平成22年4月、本校は共学部設置し男女共学の学校として新しい歴史を刻み始めました。それを機に学校教育の理念も「noblesse obligeとグローバルリーダーの育成」と定めて出発したのでした。
しかし、この教育理念は本校の前身である東横女子商業学校の創立者で、日本の偉大な実業家・五島慶太先生の生涯を貫く思想信条にその源を発していることは言うまでもありません。

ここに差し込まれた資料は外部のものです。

/// The same of what is bound.
fn take_bound_at_once(
    context: &VaryingContext,
    state: &mut VaryingState,
    ty: Handle<tag::Type>,
    binding: Binding,
) -> bool
    requires ty { ty < length context.now.types.now }
    requires infos { length context.now.infos.now ≡ length context.now.types.now }
    requires types { NameEachOther context.now.types.now }
    ensures holds { IsTrue result → first_fault (part_points context.now.place.now context.now.types.now
        context.now.infos.now (seen_in state.old) (Bound ty binding)) ≡ None }
    ensures seen { IsTrue result → seen_in state.new ≡ seen_more (seen_in state.old) binding }
    ensures stays { result ≡ false → seen_in state.new ≡ seen_in state.old }
{
    if far_location(binding).is_some() {
        return false;
    }
    if !bound_holds(context, state, ty, binding) {
        return false;
    }
    state.put_near(binding);
    true
}

/// An item with a binding. A refused call leaves the state as it was.
fn check_bound_item(
    context: &VaryingContext,
    state: &mut VaryingState,
    ty: Handle<tag::Type>,
    binding: Binding,
) -> Result<(), Refusal<VaryingError>>
    requires ty { ty < length context.now.types.now }
    requires infos { length context.now.infos.now ≡ length context.now.types.now }
    requires types { NameEachOther context.now.types.now }
    ensures fault { Answers
        (FirstOf (part_points context.now.place.now context.now.types.now context.now.infos.now (seen_in state.old)
        (Bound ty binding))) (read_by varying_fault_of result) }
    ensures seen { OnOk result (seen_in state.new ≡ seen_more (seen_in state.old) binding) }
    ensures refused { OnErr result (seen_in state.new ≡ seen_in state.old) }
{
    if !bound_holds(context, state, ty, binding) {
        return check_rarer_item(context, state, ty, binding);
    }
    state.put(binding)?;
    Ok(())
}

/// The same where it doesn't show at once that nothing of it fails. It stands apart, since it clears room for its faults whenever
/// it is called.
#[cold]
#[inline(never)]
fn check_rarer_item(
    context: &VaryingContext,
    state: &mut VaryingState,
    ty: Handle<tag::Type>,
    binding: Binding,
) -> Result<(), Refusal<VaryingError>>
    requires ty { ty < length context.now.types.now }
    requires infos { length context.now.infos.now ≡ length context.now.types.now }
    requires types { NameEachOther context.now.types.now }
    ensures fault { Answers
        (FirstOf (part_points context.now.place.now context.now.types.now context.now.infos.now (seen_in state.old)
        (Bound ty binding))) (read_by varying_fault_of result) }
    ensures seen { OnOk result (seen_in state.new ≡ seen_more (seen_in state.old) binding) }
    ensures refused { OnErr result (seen_in state.new ≡ seen_in state.old) }
{
    first_fault_of_bound(context, state, ty, binding)?;
    state.put(binding)?;
    Ok(())
}

/// An item without binding. A refused call leaves the state as it was. It stands apart, since it clears room for its faults
/// whenever it is called.
#[inline(never)]
fn check_unbound_item(
    context: &VaryingContext,
    state: &mut VaryingState,
    ty: Handle<tag::Type>,
) -> Result<(), Refusal<VaryingError>>
    requires ty { ty < length context.now.types.now }
    requires infos { length context.now.infos.now ≡ length context.now.types.now }
    requires types { NameEachOther context.now.types.now }
    requires counts { All (λ t. MemberCountFits t.inner) context.now.types.now }
    ensures fault { Answers
        (FirstOf (points_from context.now.place.now context.now.types.now context.now.infos.now (seen_in state.old)
        ty None)) (read_by varying_fault_of result) }
    ensures seen { OnOk result
        (seen_in state.new ≡ seen_with (seen_in state.old) (parts_of context.now.types.now context.now.infos.now ty None)) }
    ensures refused { OnErr result (seen_in state.new ≡ seen_in state.old) }
{
    let TypeInner::Struct { members, .. } = context.inner(ty) else {
        return check_unbound(context);
    };
    if is_shareable(context.infos, ty) {
        check_blend_sources(context, state)
    } else {
        check_struct(context, state, members.as_slice())
    }
}

/// An item without binding that is no struct.
fn check_unbound(context: &VaryingContext) -> Result<(), Refusal<VaryingError>>
    ensures { Answers (FirstOf ((not (checks_bindings context.now.place.now.flags), Itself MissingBinding) ∷ []))
        (read_by varying_fault_of result) }
{
    if context.place.flags.contains(ValidationFlags::BINDINGS) {
        return Err(context.refusal(VaryingError::MissingBinding));
    }
    Ok(())
}

/// The list of what is bound, with the fault of each point, where the state has seen these.
fn first_fault_of_bound(
    context: &VaryingContext,
    state: &VaryingState,
    ty: Handle<tag::Type>,
    binding: Binding,
) -> Result<(), Refusal<VaryingError>>
    requires ty { ty < length context.now.types.now }
    requires infos { length context.now.infos.now ≡ length context.now.types.now }
    requires types { NameEachOther context.now.types.now }
    ensures { Answers (FirstOf (bound_points context.now.place.now context.now.types.now context.now.infos.now
        (seen_in state.now) ty binding)) result }
{
    match binding {
        Binding::BuiltIn(built_in) => check_built_in(context, state, ty, built_in),
        Binding::Location {
            location,
            interpolation,
            sampling,
            blend_src,
            per_primitive,
        } => {
            let at = Location {
                location,
                interpolation,
                sampling,
                blend_src,
                per_primitive,
            };
            match check_location(context, state, ty, at) {
                Ok(()) => Ok(()),
                Err(fault) => Err(context.refusal(fault)),
            }
        }
    }
}

/// A member of a struct, with its index. A location that it puts into the state, that takes memory and wasn't there goes last
/// into `added`, before it is put there.
fn check_member(
    context: &VaryingContext,
    state: &mut VaryingState,
    added: &mut Vec<u32>,
    index: u32,
    member: &StructMember,
) -> Result<(), Refusal<VaryingError>>
    requires ty { member.now.ty < length context.now.types.now }
    requires infos { length context.now.infos.now ≡ length context.now.types.now }
    requires types { NameEachOther context.now.types.now }
    ensures fault { Answers
        (FirstOf (part_points context.now.place.now context.now.types.now context.now.infos.now (seen_in state.old)
        (member_part index member.now.ty member.now.binding))) (read_by varying_fault_of result) }
    ensures seen { OnOk result
        (seen_in state.new ≡ seen_with (seen_in state.old) (member_part index member.now.ty member.now.binding ∷ [])) }
    ensures added { (l : ℕ) → far_less (far_in state.new) added.new.items l ≡ far_less (far_in state.old) added.old.items l }
{
    let Some(binding) = member.binding else {
        if context.place.flags.contains(ValidationFlags::BINDINGS) {
            return Err(context.refusal(VaryingError::MemberMissingBinding(index)));
        }
        return Ok(());
    };
    if !bound_holds(context, state, member.ty, binding) {
        return check_rarer_member(context, state, added, member.ty, binding);
    }
    hold(state, added, binding)?;
    Ok(())
}

/// A member of this type that is bound, where it doesn't show at once that nothing of it fails.
#[cold]
#[inline(never)]
fn check_rarer_member(
    context: &VaryingContext,
    state: &mut VaryingState,
    added: &mut Vec<u32>,
    ty: Handle<tag::Type>,
    binding: Binding,
) -> Result<(), Refusal<VaryingError>>
    requires ty { ty < length context.now.types.now }
    requires infos { length context.now.infos.now ≡ length context.now.types.now }
    requires types { NameEachOther context.now.types.now }
    ensures fault { Answers
        (FirstOf (part_points context.now.place.now context.now.types.now context.now.infos.now (seen_in state.old)
        (Bound ty binding))) (read_by varying_fault_of result) }
    ensures seen { OnOk result (seen_in state.new ≡ seen_with (seen_in state.old) (Bound 0 binding ∷ [])) }
    ensures added { (l : ℕ) → far_less (far_in state.new) added.new.items l ≡ far_less (far_in state.old) added.old.items l }
{
    first_fault_of_bound(context, state, ty, binding)?;
    hold(state, added, binding)?;
    Ok(())
}

/// Puts in what is bound. A location that takes memory and wasn't there goes last into `added`, before it is put there.
fn hold(state: &mut VaryingState, added: &mut Vec<u32>, binding: Binding) -> Result<(), AllocError>
    ensures seen { OnOk result (seen_in state.new ≡ seen_with (seen_in state.old) (Bound 0 binding ∷ [])) }
    ensures added { (l : ℕ) → far_less (far_in state.new) added.new.items l ≡ far_less (far_in state.old) added.old.items l }
{
    match far_location(binding) {
        Some(location) => hold_far(state, added, location),
        None => {
            state.put_near(binding);
            Ok(())
        }
    }
}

慶太先生は長野県の青木村に生まれ、片道10キロ以上の道のりを毎日歩いて小学校に 通い、その後の旺盛な向学心で上級学校に進みます。そして、小学校の先生をしながら学費をため、現在の筑波大学、さらに努力して東大法学部へと進学し、官庁、実業界へと活躍の場を移して、不屈の精神と持ち前の負けん気とで、一代で今日の東急グループの礎を築いた偉人であります。私たちは、日本を代表する大実業家を創立者にいただいてることを誇りとしつつ、先生の前向きな挑戦心、一途な情熱、何事にも屈しない粘り強さなど、実に多くを学ばなければなりません。しかし、最も学ばなければならないことは、彼の「世の中のために、人のために」という思想であると私たちは考えています。
五島慶太先生は事業拡大を進める傍ら、「事業は人なり」の考えのもと、教育にも強い関心をもっていました。そして、先生が事業とは別に、営利を目的としない公益法人として、本校の経営母体である五島育英会を設立したのも、そして、この等々力の地に私財を投じて本校の前身である東横女子商業学校を創立したのも、あるいは、鉄道沿線に実に多くの学校を誘致したり経営難に苦しむ学校を経済的に支援したりしたのも、これらはみな、まさに慶太先生の事業欲を超えた社会貢献の思いからの行為に他なりません。誘致に際しては無償で行ったことさえあったほどです。
また、先生はある講演で、人間が社会的存在である以上、安定した社会の存立が個人の生の充実を保障するということを述べていて、安定した社会の存立のためには社会に対する奉仕の精神を個々人が発揮しなければならないと指摘しています。そして、この奉仕の精神こそ人間道徳の根本である、孔子や釈迦やキリストの説くところも、結局のところ、その根本は自己を社会や国家など多くの人のために奉仕させることにあると明確に語っています。
この東京都市大学等々力中学校・高等学校は日本屈指の大実業家の、「世のため人のために」という熱い思いから出発した学校である、そうであるがゆえに、本校は「ノブレス・オブリージュの精神の育成」を建学の理念に掲げて再出発したのです。
noblesse oblige ―高潔な若人が果たすべき責任と義務― は本校創立者・五島慶太先生の遺志であるのです。